Looking at the AMD results (charts 3-4), we again find Ubuntu + ROCM 5.7 trailing slightly behind ZLUDA within Windows, but only by about 1%. The HAGS on test did report a slightly higher speed, but by less than a single percentage point, further establishing that HAGS has little impact on ZLUDA performance.
Conclusion
Throughout our testing of the NVIDIA GeForce RTX 4080, we found that Ubuntu consistently provided a small performance benefit over Windows when generating images with Stable Diffusion and that, except for the original SD-WebUI (A1111), SDP cross-attention is a more performant choice than xFormers. Additionally, our results show that the Windows 11 default setting of HAGS-enabled is typically not the best option for performance. However, the performance impact of leaving HAGS enabled is generally minor and may be the better choice in some applications, such as SD.Next and InvokeAI.

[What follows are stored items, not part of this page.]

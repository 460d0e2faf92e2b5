//! How a signal of an atom grows by a row.
ghost use Rattle.std.specs.Prelude.{◌≡◌, ◌≤◌, ◌^◌, pos, OnOk, IsTrue};
ghost use Rattle.std.specs.Int.RustNames.{unsigned_abs};
ghost use Rattle.rational.specs.Rational.{Rational, IsWithin, whole};
ghost use Rattle.rational.specs.Time.{◌≤ʳ◌};
ghost use Rattle.rational.specs.Extended.{value_at, ◌≈ᵉ◌};
ghost use Rattle.pl_signal.specs.Knots.{stop, IsSignal};
ghost use Rattle.atom_lines.specs.Gaps.{Passes};
ghost use Rattle.atom_lines.specs.Growing.{CatchesUp, GoesAlong, IsRowBase};
ghost use Rattle.atom_lines.specs.How.{How, by_truth, worth};

use crate::gap::Gap;
use crate::margin::{margin_at, margin_between};
use crate::truth::{changes_sign, crossing, keeps_sign, truth_at};
use frac128::{Frac, Memory};
use pl_signal::Builder;
use std::cmp::Ordering;
use stl_syntax::Rel;
use value_laws::{Margin, Shape, Truth};

/// A shape in which an atom is read, at rows and on the gaps between them.
pub(crate) trait Piecewise: Shape {
    /// How it is read.
    ghost read_as: { How };

    /// What a comparison is worth whose sum lies `value` above its constant.
    fn point(rel: Rel, value: i64) -> Self
        requires { unsigned_abs value ≤ 2 ^ 31 }
        ensures worth { (t : Rational) → value_at (Self.function result) t ≈ᵉ worth read_as rel (whole value) }
        ensures base { IsRowBase (Self.base result) };

    /// Goes on over a gap, at whose end the sum lies `next` above the constant. Where the signal ends before the gap, the atom is
    /// worth up to there what it is at the first row; and where it stays so up to the second row, the signal is left as it is.
    fn go_on(signal: &mut Builder<Self>, rel: Rel, gap: &Gap, next: i64) -> Result<(), Memory>
        requires next { unsigned_abs next ≤ 2 ^ 31 }
        requires signal { IsSignal Self.Shape signal.old }
        requires limited { IsWithin (2 ^ 34) (stop signal.old) }
        requires late { stop signal.old ≤ʳ whole (pos gap.now.first) }
        ensures { OnOk result (GoesAlong Self.Shape read_as rel gap.now next signal.old signal.new) };
}

impl Piecewise for Truth {
    ghost use Rattle.atom_lines.specs.How.{by_truth};

    ghost read_as = { by_truth };

    fn point(rel: Rel, value: i64) -> Truth {
        truth_at(rel, value)
    }

    fn go_on(signal: &mut Builder<Truth>, rel: Rel, gap: &Gap, next: i64) -> Result<(), Memory> {
        if keeps_sign(gap, next) {
            return Ok(());
        }
        if changes_sign(gap) {
            return turn_over(signal, rel, gap, next);
        }
        stay_over(signal, rel, gap, next)
    }
}

impl Piecewise for Margin {
    ghost use Rattle.atom_lines.specs.How.{by_margin};

    ghost read_as = { by_margin };

    fn point(rel: Rel, value: i64) -> Margin {
        margin_at(rel, value)
    }

    fn go_on(signal: &mut Builder<Margin>, rel: Rel, gap: &Gap, next: i64) -> Result<(), Memory> {
        if stays(gap, next) {
            return Ok(());
        }
        let end = Frac::of(i64::from(gap.second));
        catch_up(signal, &margin_at(rel, gap.from), gap.first)?;
        signal.step(margin_between(rel, gap), end, margin_at(rel, next))
    }
}

/// Goes on over a gap in which the truth turns over.
fn turn_over(signal: &mut Builder<Truth>, rel: Rel, gap: &Gap, next: i64) -> Result<(), Memory>
    requires passes { Passes gap.now }
    requires limited { IsWithin (2 ^ 34) (stop signal.old) }
    requires late { stop signal.old ≤ʳ whole (pos gap.now.first) }
    ensures { OnOk result (GoesAlong ⟦<Truth as Shape>⟧ by_truth rel gap.now next signal.old signal.new) }
{
    let at = crossing(*gap);
    let end = Frac::of(i64::from(gap.second));
    let before = truth_at(rel, gap.from);
    let point = truth_at(rel, 0);
    signal.go_along(&before, &at, &point)?;
    if next == gap.to {
        return Ok(());
    }
    let after = truth_at(rel, gap.to);
    let last = truth_at(rel, next);
    signal.go_along(&after, &end, &last)
}

/// Goes on over a gap with one truth.
fn stay_over(signal: &mut Builder<Truth>, rel: Rel, gap: &Gap, next: i64) -> Result<(), Memory>
    requires stays { ¬ Passes gap.now }
    requires limited { IsWithin (2 ^ 34) (stop signal.old) }
    requires late { stop signal.old ≤ʳ whole (pos gap.now.first) }
    ensures { OnOk result (GoesAlong ⟦<Truth as Shape>⟧ by_truth rel gap.now next signal.old signal.new) }
{
    let end = Frac::of(i64::from(gap.second));
    let before = truth_at(rel, gap.from);
    let after = truth_at(rel, gap.from + gap.to);
    let last = truth_at(rel, next);
    if before.holds() == after.holds() {
        return signal.go_along(&after, &end, &last);
    }
    catch_up(signal, &before, gap.first)?;
    signal.go_along(&after, &end, &last)
}

/// Whether the sum stays the same over the gap, and at its ends.
fn stays(gap: &Gap, next: i64) -> bool
    ensures from { IsTrue result → gap.now.to ≡ gap.now.from }
    ensures next { IsTrue result → next ≡ gap.now.from }
{
    gap.from == gap.to && gap.from == next
}

/// Goes on with one shape up to the time, where the signal ends before it.
pub(crate) fn catch_up<P: Shape>(signal: &mut Builder<P>, steady: &P, to: u32) -> Result<(), Memory>
    requires limited { IsWithin (2 ^ 34) (stop signal.old) }
    requires late { stop signal.old ≤ʳ whole (pos to) }
    ensures { OnOk result (CatchesUp P.Shape steady.now to signal.old signal.new) }
{
    let end = Frac::of(i64::from(to));
    match signal.stop().cmp(&end) {
        Ordering::Less => signal.go_along(steady, &end, steady),
        _ => Ok(()),
    }
}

As long as the ZLUDA project remains available, we found that owners of the AMD Radeon RX 7900 XTX can expect similar performance between Ubuntu/ROCm and Windows/ZLUDA, with the HAGS setting in Windows having little to no effect on image generation speeds.
That said, even with the most generous comparison between the two, Ubuntu only provided a performance gain of about 9.5%, with most examples falling to around a 5% or smaller improvement. This means the performance argument for Ubuntu over Windows may not overcome the typical arguments against a switch from Windows, such as software compatibility. Yet the benefit of reduced VRAM usage could tip the scales towards Linux for less powerful GPUs with smaller amounts of VRAM. However, anyone looking to achieve the absolute fastest possible image generation speeds using Stable Diffusion should look beyond Windows 11.